WORK ORDER: Your answer is a number only: how many lines in the data below contain "filename"?

DATA:

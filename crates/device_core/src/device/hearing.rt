//! A payload comes: whether it is heard, what is read of it, and whether its commands act.

ghost use Rattle.std.specs.Prelude.{◌≡◌, ◌+◌, ◌<◌, ◌≤◌, [], ◌∷◌, length, Ok};
ghost use Rattle.wire_base.specs.declared.refusal.Direction.{Direction};
ghost use Rattle.cast_wire.specs.declared.cmd.Cmd.TheVariants.{DataFragment};
ghost use Rattle.package_grammar.specs.declared.command.Command.TheVariants.{Cast};
ghost use Rattle.package_grammar.specs.Reading.{reading_of};
ghost use Rattle.device_core.specs.Deliver.{message_delivery, read_delivery, heard_delivery, arrival};
ghost use Rattle.device_core.specs.Device.{max_moment, after_deaf, after_refused, after_full, after_dropped, with_counts};
ghost use Rattle.device_core.specs.Firmware.{after_due_reboot};
ghost use Rattle.device_core.specs.HeldPayloads.{Hears, ActsOn};
ghost use Rattle.device_core.specs.HeldSessions.{IsUp};
ghost use Rattle.device_core.specs.Passed.{message_tables, read_tables, heard_tables};
ghost use Rattle.device_core.specs.Step.{weights};

use super::Device;
use super::acting::weights;
use super::windows::via_of;
use crate::arrival::Arrival;
use crate::delivered::Delivered;
use crate::moment::Moment;
use crate::outbox::OUTBOX;
use cast_wire::Fragment;
use flash_session::Flash;
use package_grammar::{DownlinkRef, Message};
use session_store::FlashFault;
use wire_base::Direction;

impl<F: Flash + Drop> Device<F> {
    ghost use Rattle.device_core.specs.HeldDevice.{Becomes};

    /// Reads a payload that is heard, and counts one that is not.
    #[tactic(auto, unfolding(crate::specs::Deliver::heard_delivery, crate::specs::Passed::heard_tables))]
    pub(super) fn hear(
        &mut self,
        moment: Moment,
        down: &DownlinkRef<'_>,
    ) -> Result<Delivered, FlashFault>
        requires moment { moment.t ≤ max_moment }
        requires up { IsUp self.old.sessions.state }
        ensures { Hears F.seen self.old self.new result
            (heard_delivery moment.t moment.word moment.mark down.now)
            (arrival moment.t moment.word moment.mark down.now)
            (reading_of down.now.port Direction.Down down.now.payload)
            (heard_tables moment.t moment.word moment.mark down.now) }
    {
        if !self.hears(moment.t, down.to()) {
            self.count_deaf();
            return Ok(Delivered::Deaf);
        }
        let here = Arrival {
            moment,
            via: via_of(self.class_session, down.to()),
            port: down.port(),
        };
        self.read(here, down.bytes())
    }

    /// Acts on what is read of a payload, and counts one that is refused.
    #[tactic(auto, unfolding(crate::specs::Deliver::read_delivery, crate::specs::Passed::read_tables))]
    fn read(&mut self, here: Arrival, payload: &[u8]) -> Result<Delivered, FlashFault>
        requires moment { here.moment.t ≤ max_moment }
        requires up { IsUp self.old.sessions.state }
        ensures { let reading = reading_of here.port Direction.Down payload.now in
            Hears F.seen self.old self.new result
            (λ device. read_delivery here device reading) (λ device. here) reading
            (λ device. read_tables here device reading) }
    {
        match Message::read(here.port, Direction::Down, payload) {
            Ok(message) => self.take(here, message),
            Err(refusal) => {
                self.count_refused();
                Ok(Delivered::Refused(refusal))
            }
        }
    }

    /// Acts on a message where the outbox has room for its weights.
    #[tactic(auto, unfolding(crate::specs::Deliver::message_delivery, crate::specs::Passed::message_tables))]
    fn take(&mut self, here: Arrival, message: Message<'_>) -> Result<Delivered, FlashFault>
        requires moment { here.moment.t ≤ max_moment }
        requires up { IsUp self.old.sessions.state }
        requires port { message.port ≡ here.port }
        requires direction { message.direction ≡ Direction.Down }
        requires few { length message.commands ≤ 242 }
        ensures { Hears F.seen self.old self.new result
            (λ device. message_delivery here device message.entry.commands) (λ device. here)
            (Ok message.entry.commands)
            (λ device. message_tables here device message.entry.commands) }
    {
        let held = self.outbox.len() as u16;
        if let Some(fragment) = message.fragment() {
            return match self.take_fragment(here, fragment) {
                Ok(()) => Ok(Delivered::Done),
                Err(FlashFault) => Err(FlashFault),
            };
        }
        let n = held + weights(message.again());
        if n as usize > OUTBOX {
            self.count_full();
            return Ok(Delivered::OutboxFull(n));
        }
        match self.act_on(here, message) {
            Ok(()) => Ok(Delivered::Done),
            Err(FlashFault) => Err(FlashFault),
        }
    }

    /// Acts on a DataFragment that is a message by itself.
    fn take_fragment(&mut self, here: Arrival, fragment: Fragment<'_>) -> Result<(), FlashFault>
        requires up { IsUp self.old.sessions.state }
        requires index { fragment.index < 4 }
        ensures { ActsOn F.seen self.old self.new result here
            (Cast (DataFragment fragment.entry.index fragment.entry.n fragment.entry.bytes.now)
            ∷ []) }
    {
        self.fragment(here, fragment.index, fragment.n, fragment.bytes)
    }

    /// Acts on the commands of a message, one after another.
    fn act_on(&mut self, here: Arrival, mut message: Message<'_>) -> Result<(), FlashFault>
        requires moment { here.moment.t ≤ max_moment }
        requires up { IsUp self.old.sessions.state }
        requires port { message.port ≡ here.port }
        requires direction { message.direction ≡ Direction.Down }
        requires room { length self.old.outbox + weights message.commands ≤ 8 }
        ensures { ActsOn F.seen self.old self.new result here
            message.entry.commands }
    {
        while let Some(command) = message.next() {
            self.act(here, &command)?;
        }
        Ok(())
    }

    /// Counts bytes that are no frame for the device.
    pub(super) fn pass_over(&mut self, t: u64)
        ensures becomes { Becomes self.old self.new
            (λ device. with_counts after_deaf (after_due_reboot t device)) }
        ensures untouched { self.new.sessions ≡ self.old.sessions }
    {
        self.reboot_where_due(t);
        self.count_deaf();
    }

    fn count_deaf(&mut self)
        ensures { self.new ≡ record self.old { counts = after_deaf self.old.counts } }
    {
        self.counts.deaf = self.counts.deaf.saturating_add(1);
    }

    fn count_refused(&mut self)
        ensures { self.new ≡ record self.old { counts = after_refused self.old.counts } }
    {
        self.counts.refused = self.counts.refused.saturating_add(1);
    }

    fn count_full(&mut self)
        ensures { self.new ≡ record self.old { counts = after_full self.old.counts } }
    {
        self.counts.full = self.counts.full.saturating_add(1);
    }

    pub(super) fn count_dropped(&mut self)
        ensures { self.new ≡ record self.old { counts = after_dropped self.old.counts } }
    {
        self.counts.dropped = self.counts.dropped.saturating_add(1);
    }
}
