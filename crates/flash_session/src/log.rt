//! What was done to a flash in memory, step by step.

ghost use Rattle.std.specs.Prelude.{◌≡◌, ℕ, ◌+◌, ◌^◌, ◌<◌, ◌≤◌, List, [], ◌∷◌, ◌++◌, length, get_or, replicate};
ghost use Rattle.std.specs.Prelude.{slice_set, vec_len, vec_capacity};
ghost use Rattle.flash_session.specs.Contents.{SameOutside, Same, Put};
ghost use Rattle.flash_session.specs.Moments.{Elapses};
ghost use Rattle.flash_session.specs.Log.{LeftSince, seen_in};
ghost use Rattle.flash_session.specs.HeldLog.{HasTaken};

/// One step: the byte at this place, which had this value, was overwritten; or all that was written was synced.
#[derive(Clone, Copy)]
pub enum Step {
    Was(u32, u8),
    Synced,
}

/// Notes a step, for which there is room.
fn note(log: &mut Vec<Step>, step: Step)
    requires { vec_len log.old < vec_capacity log.old }
    ensures log { log.new.items ≡ log.old.items ++ step ∷ [] }
    ensures takes { HasTaken 1 log.old log.new }
{
    log.push(step).unwrap();
}

/// Writes one byte.
fn put(bytes: &mut [u8], log: &mut Vec<Step>, at: usize, byte: u8)
    requires within { at < length bytes.old }
    requires small { length bytes.old < 2 ^ 32 }
    requires room { vec_len log.old < vec_capacity log.old }
    ensures bytes { bytes.new ≡ slice_set bytes.old at byte }
    ensures log { log.new.items ≡ log.old.items ++ Step.Was at (get_or bytes.old at 0) ∷ [] }
    ensures takes { HasTaken 1 log.old log.new }
{
    note(log, Step::Was(at as u32, bytes[at]));
    bytes[at] = byte;
}

/// Writes a piece, byte by byte.
pub fn put_all(bytes: &mut [u8], log: &mut Vec<Step>, at: usize, piece: &[u8])
    requires within { at + length piece.now ≤ length bytes.old }
    requires small { length bytes.old < 2 ^ 32 }
    requires room { vec_len log.old + length piece.now ≤ vec_capacity log.old }
    ensures put { Put at piece.now bytes.old bytes.new }
    ensures stops { Elapses (SameOutside at (length piece.now)) (seen_in log.old.items bytes.old 0)
        (seen_in log.new.items bytes.new 0) }
    ensures takes { HasTaken (length piece.now) log.old log.new }
{
    for i in 0..piece.len() {
        put(bytes, log, at + i, piece[i]);
    }
}

/// Writes zeros, byte by byte.
pub fn put_zeros(bytes: &mut [u8], log: &mut Vec<Step>, at: usize, n: usize)
    requires within { at + n ≤ length bytes.old }
    requires small { length bytes.old < 2 ^ 32 }
    requires room { vec_len log.old + n ≤ vec_capacity log.old }
    ensures put { Put at (replicate n 0) bytes.old bytes.new }
    ensures stops { Elapses (SameOutside at n) (seen_in log.old.items bytes.old 0)
        (seen_in log.new.items bytes.new 0) }
    ensures takes { HasTaken n log.old log.new }
{
    for i in 0..n {
        put(bytes, log, at + i, 0);
    }
}

/// Notes a sync, whatever the bytes are.
pub fn note_sync(log: &mut Vec<Step>)
    requires room { vec_len log.old < vec_capacity log.old }
    ensures kept { (bytes c : List ℕ) → LeftSince log.new.items bytes (length log.new.items) c
        → Same bytes c }
    ensures stops { (bytes : List ℕ) → Elapses Same (seen_in log.old.items bytes 0)
        (seen_in log.new.items bytes 0) }
    ensures takes { HasTaken 1 log.old log.new }
{
    note(log, Step::Synced);
}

TASK RESULT: 2